▶ [Data extract]
//! Orders that are taken from the source and carried out.
ghost use Rattle.std.specs.Prelude.{◌≡◌, ◌≤◌, List, Bool, Option, None};
ghost use Rattle.enet_codec.specs.declared.event.Event.{Event as Told};
ghost use Rattle.enet_submit.specs.declared.order.Submission.{Submission as Item};
ghost use Rattle.enet_turn.specs.Phases.{Chain, AppliesSubmission, Orders};
ghost use Rattle.enet_turn.specs.Counts.{taken_in, given_in};

use crate::host::Core;
use crate::telling::offer;
use crate::waiting::Waiting;
use enet_bridge::{Sink, Source};
use enet_codec::Event;
use enet_submit::Submission;
use enet_wire::MOST_PER_TURN;
use std::sync::Wait;

// Carries an order out; a refusal is told. How many events were taken.
fn apply_submission<H: Core, K: Sink, R: Wait>(
    rt: &R,
    host: &mut H,
    waiting: &mut Waiting,
    sink: &mut K,
    submission: Submission,
) -> u32
    requires { waiting.old.refusal ≡ None }
    ensures { (puts : List (Told × Bool)) × Chain (λ s x t. K.puts s x.0 x.1 t) sink.old puts sink.new
        × AppliesSubmission H.calls (record { host = host.old; waiting = waiting.old }) submission puts (record { host = host.new; waiting = waiting.new })
        × (result ≡ taken_in puts) × (result ≤ 1) }
{
    let Submission {
        seat,
        number,
        order,
    } = submission;
    match host.apply_order(order) {
        Ok(()) => 0,
        Err(why) => offer(
            rt,
            sink,
            &mut waiting.refusal,
            Event::Refused { seat, number, why },
        ),
    }
}

/// Takes orders while no refusal waits, at most 256, and carries them out: how many orders, and how many events were taken.
pub(crate) fn take_orders<H: Core, S: Source, K: Sink, R: Wait>(
    rt: &R,
    host: &mut H,
    waiting: &mut Waiting,
    source: &mut S,
    sink: &mut K,
) -> (u32, u32)
    ensures { (gave : List (Option Item)) × Chain S.gives source.old gave source.new
        × (puts : List (Told × Bool)) × Chain (λ s x t. K.puts s x.0 x.1 t) sink.old puts sink.new
        × Orders H.calls 256 (record { host = host.old; waiting = waiting.old }) gave
        (record { service = record { host = host.new; waiting = waiting.new }; puts = puts })
        × (result.0 ≡ given_in gave) × (result.1 ≡ taken_in puts) }
{
    let mut orders = 0u32;
    let mut events = 0u32;
    for _order in 0..MOST_PER_TURN {
        if waiting.refusal.is_some() {
            return (orders, events);
        }
        match source.next(rt) {
            Some(submission) => {
                orders += 1;
                events += apply_submission(rt, host, waiting, sink, submission);
            }
            None => return (orders, events),
        }
    }
    (orders, events)
}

▶ [What the task requires] Give back the full listing exactly as it stands above.

▶ [Final answer]
//! Orders that are taken from the source and carried out.
ghost use Rattle.std.specs.Prelude.{◌≡◌, ◌≤◌, List, Bool, Option, None};
ghost use Rattle.enet_codec.specs.declared.event.Event.{Event as Told};
ghost use Rattle.enet_submit.specs.declared.order.Submission.{Submission as Item};
ghost use Rattle.enet_turn.specs.Phases.{Chain, AppliesSubmission, Orders};
ghost use Rattle.enet_turn.specs.Counts.{taken_in, given_in};

use crate::host::Core;
use crate::telling::offer;
use crate::waiting::Waiting;
use enet_bridge::{Sink, Source};
use enet_codec::Event;
use enet_submit::Submission;
use enet_wire::MOST_PER_TURN;
use std::sync::Wait;

// Carries an order out; a refusal is told. How many events were taken.
fn apply_submission<H: Core, K: Sink, R: Wait>(
    rt: &R,
    host: &mut H,
    waiting: &mut Waiting,
    sink: &mut K,
    submission: Submission,
) -> u32
    requires { waiting.old.refusal ≡ None }
    ensures { (puts : List (Told × Bool)) × Chain (λ s x t. K.puts s x.0 x.1 t) sink.old puts sink.new
        × AppliesSubmission H.calls (record { host = host.old; waiting = waiting.old }) submission puts (record { host = host.new; waiting = waiting.new })
        × (result ≡ taken_in puts) × (result ≤ 1) }
{
    let Submission {
        seat,
        number,
        order,
    } = submission;
    match host.apply_order(order) {
        Ok(()) => 0,
        Err(why) => offer(
            rt,
            sink,
            &mut waiting.refusal,
            Event::Refused { seat, number, why },
        ),
    }
}

/// Takes orders while no refusal waits, at most 256, and carries them out: how many orders, and how many events were taken.
pub(crate) fn take_orders<H: Core, S: Source, K: Sink, R: Wait>(
    rt: &R,
    host: &mut H,
    waiting: &mut Waiting,
    source: &mut S,
    sink: &mut K,
) -> (u32, u32)
    ensures { (gave : List (Option Item)) × Chain S.gives source.old gave source.new
        × (puts : List (Told × Bool)) × Chain (λ s x t. K.puts s x.0 x.1 t) sink.old puts sink.new
        × Orders H.calls 256 (record { host = host.old; waiting = waiting.old }) gave
        (record { service = record { host = host.new; waiting = waiting.new }; puts = puts })
        × (result.0 ≡ given_in gave) × (result.1 ≡ taken_in puts) }
{
    let mut orders = 0u32;
    let mut events = 0u32;
    for _order in 0..MOST_PER_TURN {
        if waiting.refusal.is_some() {
            return (orders, events);
        }
        match source.next(rt) {
            Some(submission) => {
                orders += 1;
                events += apply_submission(rt, host, waiting, sink, submission);
            }
            None => return (orders, events),
        }
    }
    (orders, events)
}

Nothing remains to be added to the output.